Comparative Sequence Analysis and Multiple Sequence Alignment

With the rapid sequencing of so many related genomes, comparative sequence analysis has emerged as one of the most important areas of modern biology. Comparative sequence analysis at its heart is about predicting all the homologies (i.e., correspondences) among the genomes under consideration, in order to understand what is shared and what is unique in each species.
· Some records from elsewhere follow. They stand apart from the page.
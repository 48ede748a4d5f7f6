// Catalogues written: each line of the input is the length of a buffer, the floor, and the entries. Before the call each byte of the buffer is 165.
// Printed are the line as it came and what the call did:
//     length LENGTH                   of the file; or, where there is none,
//     refused NUMBER
//     BYTES                           of the file in hexadecimal, 32 to a line
//     untouched COUNT                 how many of the other bytes of the buffer are 165
#![tactic(auto)]

ghost use Rattle.std.specs.Prelude.{◌<◌, length};

use std::io;
use std::io::{Read, Write};

// As many lines as the input has.
const LINES: u32 = 325;

const LINE_ROOM: usize = 320;

// The room, the floor, and more entries than there are degrees.
const MOST_NUMBERS: usize = 40;

// The largest room, and what every byte of it is before a call.
const FILE_ROOM: usize = 65536;

const BEFORE: u8 = 165;

// A word and a number, on a line.
fn print_number<W: Write>(output: &mut W, word: &[u8], n: u64) -> io::Result<()> {
    streams::print_number(output, word, n)?;
    streams::new_line(output)
}

// The first n bytes, and how many of the others are as they were.
fn print_buffer<W: Write>(output: &mut W, file: &[u8], n: usize) -> io::Result<()> {
    let (written, others) = file.split_at(n.min(file.len()));
    for line in written.chunks(32) {
        for byte in line {
            write!(output, "{byte:02x}")?;
        }
        streams::new_line(output)?;
    }
    let untouched = others.iter().filter(|byte| **byte == BEFORE).count();
    print_number(output, b"untouched ", untouched as u64)
}

fn write<W: Write>(output: &mut W, floor: u32, entries: &[u32], file: &mut [u8]) -> io::Result<()> {
    match catalogue_writer::write(floor, entries, file) {
        Ok(length) => {
            print_number(output, b"length ", length as u64)?;
            print_buffer(output, file, length)
        }
        Err(refusal) => {
            let number = answers::refusal_number(refusal);
            print_number(output, b"refused ", u64::from(number))?;
            print_buffer(output, file, 0)
        }
    }
}

// The room comes first, then the floor.
fn write_within<W: Write>(output: &mut W, numbers: &[u32]) -> io::Result<()>
    requires { 1 < length numbers.now }
{
    let mut file = [BEFORE; FILE_ROOM];
    let room = numbers[0] as usize;
    let floor = numbers[1];
    if room <= FILE_ROOM {
        write(output, floor, &numbers[2..], &mut file[..room])?;
    }
    Ok(())
}

// The next line of the input.
fn write_line<R: Read, W: Write>(reader: &mut R, output: &mut W) -> io::Result<()> {
    let mut input = [b'\n'; LINE_ROOM];
    let n = streams::read_line(reader, &mut input)?;
    streams::write_front(output, &input, n)?;
    streams::new_line(output)?;
    let mut numbers = [0u32; MOST_NUMBERS];
    let count = line::read_numbers(&input, &mut numbers);
    if count > 1 {
        write_within(output, &numbers[..count])?;
    }
    Ok(())
}

fn main(rt: HostRuntime) -> io::Result<()> {
    let mut input = rt.stdin();
    let mut output = rt.stdout();
    for _ in 0..LINES {
        write_line(&mut input, &mut output)?;
    }
    // Numbers of ten digits, which no line has.
    output.write_all(b"100 0 4294967295 4\n")?;
    write_within(&mut output, &[100, 0, 4294967295, 4])?;
    output.write_all(b"100 0 3 4294967295\n")?;
    write_within(&mut output, &[100, 0, 3, 4294967295])?;
    output.write_all(b"100 4294967295 3 4\n")?;
    write_within(&mut output, &[100, 4294967295, 3, 4])
}
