//! Headers that become valid or invalid.
ghost use Rattle.std.specs.Prelude.{◌≡◌, suc, set, map};
ghost use Rattle.app_meaning.specs.Assigning.{header_of, is_invalid, zeroed, field_count, validate};
ghost use Rattle.app_meaning.specs.Values.{truth};
ghost use Rattle.app_meaning.specs.Slots.{text};
ghost use Rattle.tree_eval.specs.Seen.{seen};

use crate::slots::put;
use app_data::{Scope, Value};
use p4_ast::{P4Name, P4Validity};
use sqlite_items::Items;
use tree_eval::{place, value_in};
use value_ops::{cut, truth};

/// The number of the slot of the header whose field a path is; a path of a field has three names.
#[tactic(auto, using(crate::proofs::Zeroed::header_is, crate::proofs::Zeroed::header_none))]
pub fn header_of(sc: Scope<'_>, names: &[P4Name]) -> Option<usize>
    ensures { result ≡ header_of (seen sc.entry) (map text names.now) }
{
    if names.len() != 3 {
        return None;
    }
    place(sc.slots, &names[..2])
}

/// Whether a header isn't valid, where it is one.
pub fn is_invalid(values: &[Value], header: Option<usize>) -> bool
    ensures { result ≡ is_invalid values.now header }
{
    match header {
        None => false,
        Some(h) => value_in(values, h).number != 1,
    }
}

// So many values from this place on are made 0.
#[tactic(auto, using(crate::proofs::Zeroed::zeroed_past, crate::proofs::Zeroed::zeroed_more))]
fn zero_from(count: u64, first: usize, values: &mut Items<Value>)
    ensures { values.new ≡ zeroed count first values.old }
{
    let mut left = count;
    let mut i = first;
    while left > 0 && i < values.len() {
        let width = value_in(values.as_slice(), i).width;
        values.set(i, cut(width, 0));
        i += 1;
        left -= 1;
    }
}

/// How many fields the header of this slot has.
pub fn field_count(sc: Scope<'_>, header: usize) -> u64
    ensures { result ≡ field_count (seen sc.entry) header }
{
    match sc.slots.get(header) {
        Some(s) => s.fields,
        None => 0,
    }
}

/// The fields of a header are made 0, so many, and its bit is `valid`; nothing where there is no such slot.
#[tactic(auto, using(crate::proofs::Zeroed::renewed_past))]
pub fn renew(fields: u64, header: usize, valid: bool, values: &mut Items<Value>)
    ensures { values.new ≡ set (zeroed fields (suc header) values.old) header (truth valid) }
{
    if header < values.len() {
        zero_from(fields, header + 1, values);
        put(values, header, truth(valid));
    }
}

/// A header becomes valid or invalid; where it was so before, a valid one is left as it is. Nothing where there is no header.
pub fn validate(sc: Scope<'_>, v: P4Validity, header: Option<usize>, values: &mut Items<Value>)
    ensures { values.new ≡ validate (seen sc.entry) v header values.old }
{
    if let Some(h) = header {
        match v {
            P4Validity::SetInvalid => renew(field_count(sc, h), h, false, values),
            P4Validity::SetValid => {
                if value_in(values.as_slice(), h).number != 1 {
                    renew(field_count(sc, h), h, true, values);
                }
            }
        }
    }
}
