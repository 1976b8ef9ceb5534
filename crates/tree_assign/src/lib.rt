//! How values change, by walking the tree: assignments, declarations of variables, and headers that become valid or invalid.
#![tactic(auto)]

mod assigning;
mod header;
mod slots;

pub use assigning::{assign, assigned, declare};
pub use header::{field_count, header_of, is_invalid, renew, validate};
pub use slots::{put, set_slot};
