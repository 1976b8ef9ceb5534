//! Assignments and declarations of variables.
ghost use Rattle.std.specs.Prelude.{◌≡◌, ◌∷◌, [], map};
ghost use Rattle.app_meaning.specs.Assigning.{assigned, assign};
ghost use Rattle.app_meaning.specs.Statements.{initial, declare};
ghost use Rattle.app_meaning.specs.Slots.{text, slot_of};
ghost use Rattle.tree_eval.specs.Seen.{seen};

use crate::header::{header_of, is_invalid};
use crate::slots::{put, set_slot};
use app_data::{Scope, Value};
use p4_ast::{P4Expr, P4Left, P4Slice, P4Var};
use sqlite_items::{Boxed, Items};
use tree_eval::{eval, high_bit, low_bit, slot_of, slot_of_name, type_width, value_in};
use value_ops::{cut, with_slice};

/// A number in place of the whole value, or of some of its bits.
pub fn assigned(old: Value, slice: Option<P4Slice>, n: u128) -> Value
    ensures { result ≡ assigned old slice n }
{
    match slice {
        None => cut(old.width, n),
        Some(s) => with_slice(old, high_bit(s), low_bit(s), n),
    }
}

/// A number for a left side. A field of an invalid header isn't written.
pub fn assign(sc: Scope<'_>, left: &P4Left, n: u128, values: &mut Items<Value>)
    ensures { values.new ≡ assign (seen sc.entry) left.now n values.old }
{
    let names = left.path.names.as_slice();
    if is_invalid(values.as_slice(), header_of(sc, names)) {
        return;
    }
    if let Some(i) = slot_of(sc, names) {
        let old = value_in(values.as_slice(), i);
        put(values, i, assigned(old, left.slice, n));
    }
}

// A variable's first number.
fn initial(e: &Option<Boxed<P4Expr>>, sc: Scope<'_>, values: &[Value]) -> u128
    ensures { result ≡ initial e.now (seen sc.entry) values.now }
{
    match e {
        None => 0,
        Some(e) => eval(e.get(), sc, values).number,
    }
}

/// A variable is declared.
pub fn declare(sc: Scope<'_>, v: &P4Var, values: &mut Items<Value>)
    ensures { values.new ≡ declare (seen sc.entry) v.now values.old }
{
    let n = initial(&v.expr, sc, values.as_slice());
    let value = cut(type_width(sc.types, &v.type_), n);
    set_slot(values, slot_of_name(sc, &v.name), value);
}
The fundamental method of comparative sequence analysis is multiple sequence alignment, whose goal is to line up all and only the homologous regions from each genome.

We have developed methods for assessing the accuracy of multiple sequence alignments [2,3,5] and have applied those methods to perform a careful assessment of four whole-genome multiple alignment tools [1]. We have also developed methods for identifying those regions of multiple sequence alignments that show extreme similarity among the species [4].

References:

  1. X. Chen, M. Tompa, "Comparative assessment of methods for aligning multiple genome sequences", Nat. Biotechnol., vol. 28 (2010) 567-72. Pubmed 20495551.   Supplement.
  2. A. Prakash, M. Tompa, "Assessing the discordance of multiple sequence alignments", IEEE/ACM Trans Comput Biol Bioinform, vol. 6 (2009) 542-51. Pubmed 19875854.
  3. A. Prakash, M. Tompa, "Measuring the accuracy of genome-size multiple alignments", Genome Biol., vol. 8 (2007) R124. Pubmed 17594489.   Supplement.
  4. H. Tseng, M. Tompa, "Algorithms for locating extremely conserved elements in multiple sequence alignments", BMC Bioinformatics, vol. 10 (2009) 432. Pubmed 20021665.
  5. A. Wang, W. Ruzzo, M. Tompa, "How accurately is ncRNA aligned within whole-genome multiple alignments?", BMC Bioinformatics, vol. 8 (2007) 417. Pubmed 17963514.   Supplement.